Júlio Ascensão Silva: “Temos muitos jovens que trabalham e que não estão nos sindicatos porque têm medo”

3/06/2016 07:27 - Modificado em 3/06/2016 07:27

julio ascenção silvaDe acordo com o Secretário-geral da UNTC-CS, os jovens são os mais afectados em matéria de desemprego no País. Não é segredo para ninguém, mas tendo em conta a questão da precariedade no mercado de trabalho, “os trabalhadores com contrato a prazo e sem contrato aqui no País são mais de 70%, mas se formos aos jovens, essa percentagem sobe para mais de 80%, ou seja, os jovens são os mais afectados em matéria de precariedade laboral no País”, avança Júlio Ascensão Silva.

Para este sindicalista, há muitos jovens que trabalham e que não estão nos sindicatos, e isso porque têm medo. “Estão vinculados através de um contrato a prazo que é precário e, portanto, têm medo de se sindicalizarem, de participarem nas lutas que os sindicatos promovem e têm medo de reivindicarem os seus direitos para não serem despedidos”.

Mas acredita que é possível mudar este cenário e, para que isso aconteça, é preciso que ambos os lados estejam organizados, já que o futuro desta organização depende deles.

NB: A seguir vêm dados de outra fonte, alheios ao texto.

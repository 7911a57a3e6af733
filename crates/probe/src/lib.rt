// Probe: inspection touches up to 64 cells of a foil and is told where along its track each one is.
#![tactic(auto)]

ghost use Rattle.std.specs.Prelude.{◌≡◌};
ghost use Rattle.probe.specs.Probe.{few_probes, Probes};

use grid::{Cell, Cells, Order, Refusal, ensure};
use judge::judge;
use list::all_on_panel;
use probe_walk::{Found, PLACES, find_probes, nearest_cells};

// What Probe answers: for each of 64 places, in the order of the probes, the position along the track,
// counted from 1, or 0, and for a probe that is not on the track its nearest cell, else (0, 0); and how
// many cells of the list were read to find the positions.
#[derive(Clone, Copy, Debug, PartialEq, Eq)]
pub struct ProbeSheet {
    pub positions: [u32; PLACES],
    pub nearest: [Cell; PLACES],
    pub read: Cells,
}

// Whether so many bytes hold at most 64 probes and nothing else.
fn few_probes(bytes: usize) -> bool
    ensures { result ≡ few_probes bytes }
{
    bytes <= 2 * PLACES && bytes % 2 == 0
}

// Where the probes are along the track that the list is.
pub fn probe(
    o: Order,
    list: &[u8],
    scratch: &mut [u8],
    probes: &[u8],
) -> Result<ProbeSheet, Refusal>
    ensures { Probes o.panel o.entry o.exit list.now probes.now scratch.old scratch.new result }
{
    ensure(few_probes(probes.len()), Refusal::ProbeBytes)?;
    judge(o, list, scratch)?;
    ensure(all_on_panel(o.panel, probes), Refusal::CellOff)?;
    let Found { positions, read } = find_probes(o.panel, list, probes, scratch);
    let nearest = nearest_cells(list, probes, positions);
    Ok(ProbeSheet {
        positions,
        nearest,
        read,
    })
}
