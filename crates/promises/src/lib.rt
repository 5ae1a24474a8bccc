#![tactic(auto)]

// No code: all that we promise, on one page (proofs/Promises.antt).
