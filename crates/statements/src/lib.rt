// The demands of document 00, and those of document 02, tickets 5, 7, 9, 10, 11 and 13, said of the operations
// themselves: each function here only calls public operations, and promises the demand. Nothing is assumed of an
// argument but its type. The clause `refused` is demand 1, "then no byte of any lent area has changed", and `whole` the
// complete answer of the operations. Definitions: specs/.
// The answers are C's: the theorems speak of their fields.
#![tactic(auto)]

ghost use Rattle.std.specs.Prelude.{◌≡◌, ◌↔◌, List, ℕ, length};
ghost use Rattle.outcome.specs.Refusal.{no_packed_body};
ghost use Rattle.resolution.specs.declared.Resolution.{Resolution};
ghost use Rattle.unpack.specs.AcceptsRow.{AcceptsRow};
ghost use Rattle.outcome.specs.declared.Refusal.{Refusal};
ghost use Rattle.gem_img.specs.Accepts.{AcceptsImg};
ghost use Rattle.gem_img.specs.Reading.{Image};
ghost use Rattle.gem_img.specs.Refuses.{RefusesImg};
ghost use Rattle.macpaint.specs.Accepts.{AcceptsPlate, plate_given};
ghost use Rattle.writer.specs.Writing.{form_packed};
ghost use Rattle.conversion.specs.declared.Conversion.TheVariants.{ToElite, ToPlain};
ghost use Rattle.conversion.specs.Accepts.{AcceptsToElite, AcceptsToPlain};
ghost use Rattle.demands.specs.Accepted.{Accepts, given};
ghost use Rattle.demands.specs.Refusals.{Refuses};
ghost use Rattle.demands.specs.RoundTrips.{kind_of};
ghost use Rattle.degas.specs.Layout.{plain_length, elite_length};
ghost use Rattle.degas.specs.LeastBody.{NoBodyBelow};
ghost use Rattle.neochrome.specs.Accepts.{AcceptsNeochrome};
ghost use Rattle.spectrum.specs.Accepts.{AcceptsSpc, AcceptsSpectrum};
ghost use Rattle.spectrum.specs.Reading.{Reading};
ghost use Rattle.spectrum.specs.Refuses.{RefusesSpectrum};
ghost use Rattle.statements.specs.Animations.{AcceptsBoth, ShowsBoth, RefusesAsRead, answers_by_list};
ghost use Rattle.statements.specs.Areas.{HoldsScreen, HoldsFile, Stated};
ghost use Rattle.statements.specs.Blank.{zeros, Blank};
ghost use Rattle.statements.specs.Conversions.{WritesEliteFile, WritesPlainFile, AnswersConversion};
ghost use Rattle.statements.specs.Conversions.{Restores, AnswersRestoring};
ghost use Rattle.statements.specs.Plates.{HoldsPlate, StatedPlate, ReadsPlate, ReadsNoPlate, AnswersPlateRead};
ghost use Rattle.statements.specs.Plates.{blank_plate_file, NoPlateBodyBelow, WritesLeastPlate};
ghost use Rattle.statements.specs.Plates.{PlateNeverAbove, PlateAttained, PlateBothOccur, AnswersPlateWrite};
ghost use Rattle.statements.specs.Plates.{PlateBack, AnswersPlateRoundTrip};
ghost use Rattle.degas_records.specs.Listing.{listed};
ghost use Rattle.statements.specs.Records.{RecordsAsRead};
ghost use Rattle.statements.specs.Reading.{Reads, ReadsNothing, AnswersRead};
ghost use Rattle.statements.specs.RoundTrips.{IsWritten, ReadsBack, AnswersRoundTrip};
ghost use Rattle.statements.specs.Rows.{Packable, PacksLeast, UnpacksToRow, Unpacked, RowRefused};
ghost use Rattle.statements.specs.Rows.{AnswersPack, AnswersUnpack};
ghost use Rattle.statements.specs.Scans.{AcceptsSome, ReadsImage, ReadsNoImage, AnswersImgRead, white_line_file};
ghost use Rattle.statements.specs.Spectrum.{HoldsPaletteWords, AcceptsReading, ReadsSpectrum, ShowsPlanes};
ghost use Rattle.statements.specs.Spectrum.{ReadsNoSpectrum, AnswersSpectrumRead, BlankSpectrum};
ghost use Rattle.statements.specs.Writing.{WritesLeast, NeverAbove, Attained, BothOccur};
ghost use Rattle.statements.specs.Writing.{WritesNothing, AnswersWrite};

use bodies::BodyAnswer;
use conversion::Conversion;
use degas_records::{CursorAnswer, ListedRecord};
use gem_img::ImgAnswer;
use neochrome_animation::{AnimationAnswer, FormatList};
use outcome::Refusal;
use packbits::RowAnswer;
use picture::{Picture, ReadAnswer, WriteAnswer};
use reader::Kind;
use writer::Form;

// The answers of a writing and of its reading back.
#[derive(Clone, Copy)]
pub struct RoundTrip {
    pub written: WriteAnswer,
    pub read: ReadAnswer,
}

// The answers of both lists.
#[derive(Clone, Copy)]
pub struct AnswersByList {
    pub list_1989: AnimationAnswer,
    pub list_2008: AnimationAnswer,
}

// The answers of a plate's writing and of its reading back.
#[derive(Clone, Copy)]
pub struct PlateRoundTrip {
    pub written: WriteAnswer,
    pub read: BodyAnswer,
}

// The answers of a conversion to Elite and of the conversion back.
#[derive(Clone, Copy)]
pub struct ConversionRoundTrip {
    pub to_elite: WriteAnswer,
    pub to_plain: WriteAnswer,
}

// Demand 2: "Given a lent area of the stated size, a file of a known kind is accepted exactly when its flag and
// resolution are allowed, its parts fit and its runs fill every plane row exactly." And what an accepted file gives:
// "resolution, palette, every register of every pixel and every count". The blank files are accepted.
pub fn read_file(kind: u8, file: &[u8], area: &mut [u8]) -> ReadAnswer
    ensures exactly { HoldsScreen area.old → (result.refusal.number ≡ 0) ↔ Accepts kind file.now }
    ensures accepted { HoldsScreen area.old → (fits : Accepts kind file.now)
        → Reads (given fits) result area.old area.new }
    ensures blank { HoldsScreen area.old → Blank kind file.now → result.refusal.number ≡ 0 }
    ensures refused { Refuses result.refusal → ReadsNothing result area.old area.new }
    ensures whole { AnswersRead kind file.now result area.old area.new }
{
    reader::read(kind, file, area).into()
}

// Demand 3: "Given resolution 0, 1 or 2 and lent areas of at least the stated sizes, whatever the screen, palette and
// tail, the packed writer refuses, with 9, exactly when no byte string under 32,000 bytes unpacks to that screen at
// that resolution. Otherwise it writes the picture's form 3". How long a screen's least body can be; and both occur.
pub fn write_packed(picture: Picture, screen: &[u8], out: &mut [u8]) -> WriteAnswer
    ensures exactly { (r : Resolution) → Stated r picture screen.now out.old
        → (result.refusal.number ≡ no_packed_body) ↔ NoBodyBelow r screen.now }
    ensures otherwise { (r : Resolution) → Stated r picture screen.now out.old
        → (NoBodyBelow r screen.now → ⊥)
        → WritesLeast r picture screen.now result out.old out.new }
    ensures bound { ((r : Resolution) → NeverAbove r screen.now) × ((r : Resolution) → Attained r) }
    ensures occur { (r : Resolution) → Stated r picture screen.now out.old
        → BothOccur r screen.now result }
    ensures refused { Refuses result.refusal → WritesNothing result out.old out.new }
    ensures whole { AnswersWrite form_packed picture screen.now result out.old out.new }
{
    writer::write(
        Form::Degas(degas::Form::Packed).number(),
        picture,
        screen,
        out,
    )
    .into()
}

// The kind that a form is read back as.
// By number: the clause `whole` of `write_and_read` speaks of it.
fn kind_of(form: u8) -> u8
    ensures { result ≡ kind_of form }
{
    if form == Form::Neochrome.number() {
        Kind::Neochrome as u8
    } else {
        Kind::Degas as u8
    }
}

// Demand 2: "Writing a picture and reading it back gives the same resolution, palette and registers, with the tail that
// document 01 names for the form." The file is the output's front, as long as the writing answers; a writing that is
// refused is not read back.
pub fn write_and_read(
    form: u8,
    picture: Picture,
    screen: &[u8],
    out: &mut [u8],
    area: &mut [u8],
) -> RoundTrip
    ensures back { HoldsScreen area.old → result.written.refusal.number ≡ 0
        → ReadsBack form picture screen.now result area.new }
    ensures written { (r : Resolution) → Stated r picture screen.now out.old
        → IsWritten form r screen.now → result.written.refusal.number ≡ 0 }
    ensures whole { AnswersRoundTrip form picture screen.now result out.old out.new
        area.old area.new }
{
    let written = writer::write(form, picture, screen, out);
    let read = match written {
        Ok(file) => reader::read(kind_of(form), &out[..file.length], area),
        Err(why) => Err(why),
    };
    RoundTrip {
        written: written.into(),
        read: read.into(),
    }
}

// Document 01: "The writer's row is the shortest byte string that unpacks to the row; among equally short ones, the
// first in dictionary order of unsigned bytes."
pub fn pack_row_least(row: &[u8], out: &mut [u8]) -> RowAnswer
    ensures exactly { (result.refusal.number ≡ 0) ↔ Packable row.now out.old }
    ensures least { Packable row.now out.old
        → PacksLeast row.now result out.old out.new }
    ensures refused { Refuses result.refusal → RowRefused result out.old out.new }
    ensures whole { AnswersPack row.now result out.old out.new }
{
    pack::pack_row(row, out).into()
}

Acredita ainda que as promessas do novo Governo são uma boa ideia, entre as quais a redução do desemprego jovem em 50 por cento nesta legislatura, a criação de nove mil novos empregos por ano e um programa de estágios profissionais remunerados pelo que, não só a Administração Pública como o sector privado poderão contribuir para minimizar a problemática do desemprego no País.

Júlio Ascensão Silva diz ainda que a questão da isenção das empresas do pagamento à Segurança Social como contrapartida ao emprego de jovens deve ser ponderada tendo em conta a questão da sustentabilidade da Segurança Social aqui no País. “Portanto, perante todas essas promessas, esses compromissos é bom de facto que o Governo os cumpra e, para isso, os jovens têm um papel fundamental”.

“Se o Governo está a dizer que vai resolver o problema da precariedade e, ao mesmo tempo, fala de flexibilidade do código laboral, a UNTC-CS diz que esta é uma questão que o Governo deve esclarecer e fazer saber sobre que moldes esta flexibilidade irá ser feita.

  1. Se o governo esta a dizer que vai ressolver o problema de flexibilidade do codigo laboreal a pretexto de flexibilizar o mercado de trabalho , realmente deve esclarecer que tipo de flexibilidade ira ser,para nao cair nos mesmos erros dos anos 90, em que alterou o codigo laboreal a pretexto de flexibilizar o mercado de trabalho para atrair mais investimentos e nunca chegaram . O que houve foi privatizacao de empresas que ja eram do Estado de Cabo Verde, e que foram entregues nas maos de capital estrangeiro.

  2. Eduardo Oliveira

    Não me admiro nada isso dos jovens terem medo dos sindicatos. Com eles e com os partidos politicos é de fugir a ste pés. Sei do que digo. Nem uns nem outros defendem o interese geral mas a conveniência, o que é devereas assustador.